If you only read one RL paper
This is a love letter to
Empirical Design in Reinforcement Learning
by Andrew Patterson, Samuel Neumann, Martha White, Adam White
JMLR 25 (2024) 1-63
(from this
Bluesky post)
These aren’t the heroes we deserve, but they are the heroes we need.
I mean, look at this opening paragraph. This is written to be read and understood, not to impress and overwhelm. Not for the handful of reinforcement learning researchers in the world, but for the slightly larger handful of people trying to make it work on their machine.
The paper is refreshingly concrete, fully loaded with examples, case studies, recommendations, and pitfalls. It's a map to the landmines in reinforcement learning. It's what I would have gifted my younger self.
It's easy to lie to your readers in any ML work, but in reinforcement learning it's also easy to lie to yourself. The authors shine a bright light on all these sneaky backchannels. Designer's curse. Untuned baselines. Hypothesis After Results Known (HARK). Cherrypicking of all sorts.
And for the love of the great Flying Spaghetti Monster DO NOT TUNE ON YOUR SEED. Just don't.
As an unexpected treat the authors have genuinely grown-up conversations with us about statistics. Reinforcement learning runs are so computationally intense and then add in hyperparameter sweeps, it's easy to see how representing distributions and confidence intervals falls by the wayside.
No more.
But the ride doesn't stop there. The authors take an ax to the root of the tree of ML leaderboard-based publishing. They make a strong case that reinforcement learning comparisons are all but infeasible to do in a meaningful way.

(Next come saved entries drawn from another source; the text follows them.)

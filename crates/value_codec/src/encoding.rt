//! Encodes messages as frames.
ghost use Rattle.std.specs.Prelude.{◌≡◌, ◌<◌, ◌≤◌, ◌+◌, ◌++◌, min, Err, OnOk, OnErr, IfOk, IfErr};
ghost use Rattle.ipdl_base.specs.Sound.{IsSound};
ghost use Rattle.value_types.specs.declared.layout.TheConstants.{NEW};
ghost use Rattle.value_types.specs.Fits.{Fits};
ghost use Rattle.value_types.specs.Sizes as size;
ghost use Rattle.value_codec.specs.declared.encoding.EncodeFault.TheVariants.{NoMemory};
ghost use Rattle.value_codec.specs.Encoding.{IsRefused};
ghost use Rattle.value_codec.specs.Frames.{header_size};
ghost use Rattle.value_codec.specs.Spelling.{FrameOf, frame_bytes};

use crate::writing::frame_of;
use ipdl_base::{Message, Schema};
use std::alloc::{AllocError, Global};
use thiserror::Error;
use value_types::{NEW, payload_size};

/// Why a message is not encoded.
#[derive(Clone, Copy, Debug, PartialEq, Eq, Error)]
pub enum EncodeFault {
    /// The payload has more bytes than a frame may have. The number is its size, or the greatest `usize` if
    /// it is larger.
    #[error("a payload of {0} bytes is too large for a frame")]
    TooLarge(usize),
    /// Memory ran out.
    #[error("no memory")]
    NoMemory,
}

impl From<AllocError> for EncodeFault {
    ghost from_gives = { λ _ e. e ≡ NoMemory };

    fn from(_error: AllocError) -> EncodeFault {
        EncodeFault::NoMemory
    }
}

/// Returns the number of bytes of a message's frame in the new layout, or the greatest `usize` if there are
/// more. Takes no memory.
pub fn frame_size(schema: &Schema, message: &Message) -> usize
    requires { IsSound schema.now }
    ensures { result ≡ min (header_size NEW + size.payload_size NEW schema.now message.now) size.greatest_size }
{
    payload_size(schema, NEW, message).saturating_add(NEW.header)
}

/// Returns the frame of a message in the new layout (docs/frames.md), in one buffer of its size. If the
/// payload has more than 4,096 bytes, the error is `TooLarge`, and no memory is taken.
pub fn new_frame(alloc: Global, schema: &Schema, message: &Message) -> Result<Vec<u8>, EncodeFault>
    requires sound { IsSound schema.now }
    requires fits { Fits schema.now message.now }
    ensures frame { IfOk result (λ frame. frame.items ≡ frame_bytes NEW schema.now message.now) }
    ensures spelling { OnOk result (FrameOf NEW schema.now message.now (frame_bytes NEW schema.now message.now)) }
    ensures refused { IfErr result (λ fault. IsRefused NEW.most_payload (size.payload_size NEW schema.now message.now) fault) }
    ensures large { let payload = size.payload_size NEW schema.now message.now in NEW.most_payload < payload
        → result ≡ Err (EncodeFault.TooLarge (min payload size.greatest_size)) }
{
    let size = payload_size(schema, NEW, message);
    if size > NEW.most_payload {
        return Err(EncodeFault::TooLarge(size));
    }
    let frame = frame_of(alloc, NEW, schema, message, size as u32)?;
    Ok(frame)
}

/// Appends the frame of a message in the new layout (docs/frames.md). If the payload has more than 4,096
/// bytes, the error is `TooLarge`, and no memory is taken. An error leaves `out` unchanged.
pub fn encode(
    alloc: Global,
    schema: &Schema,
    message: &Message,
    out: &mut Vec<u8>,
) -> Result<(), EncodeFault>
    requires sound { IsSound schema.now }
    requires fits { Fits schema.now message.now }
    ensures frame { OnOk result (out.new.items ≡ out.old.items ++ frame_bytes NEW schema.now message.now) }
    ensures spelling { OnOk result (FrameOf NEW schema.now message.now (frame_bytes NEW schema.now message.now)) }
    ensures refused { IfErr result (λ fault. IsRefused NEW.most_payload (size.payload_size NEW schema.now message.now) fault) }
    ensures large { let payload = size.payload_size NEW schema.now message.now in NEW.most_payload < payload
        → result ≡ Err (EncodeFault.TooLarge (min payload size.greatest_size)) }
    ensures unchanged { OnErr result (out.new.items ≡ out.old.items) }
{
    let frame = new_frame(alloc, schema, message)?;
    out.extend_from_slice(&frame)?;
    Ok(())
}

This low key refutes the entire ML conference industrial complex.
The authors even take it a step further. If you can always choose environments in which your algorithm excels, then the interesting question becomes which conditions and why.
Each RL algorithm is a special and unique snowflake. What if the real science is the quirks we discovered along the way?
As an absolute tour de force, the authors attempt what has so far only been dreamed of - reproducing results from another paper. They prove that it's not a path for the faint of heart, but they get there, and in style.
You like lists? The authors finish with a list of common errors in reinforcement learning experiments.
- Averaging over 3 or 5 runs
- Reusing code from another source (including hyperparameters) as is
- Untuned agents in ablations
- Not controlling seeds
- Discarding or replacing runs
- Cutting off episodes early
- Treating episode cutoffs as termination
- Randomizing start states
- HARK’ing (hypothesis after results known)
- Environment overfitting
- Overly complex algorithms
- Choosing gamma incorrectly
- Reporting offline performance while making conclusions about online performance
- Invalid errorbars or shaded regions
- Using random problems
- Not reporting implementation details
- Not comparing against stupid baselines
- Running inefficient code
- Attempting to run an experiment beyond your computational budget
- Gatekeeping with benchmark problems
and they note that this list will be appended to in an accompanying online blog post.
My only note is they should have ended with mic drop
I almost forgot-in case this double dose of reality makes you sad, the authors offer a path through the wilderness to safety. It's not quick or easy, but it's grounded in the bedrock.
It's not the only way to do reinforcement learning experimentation well, but it's a good way.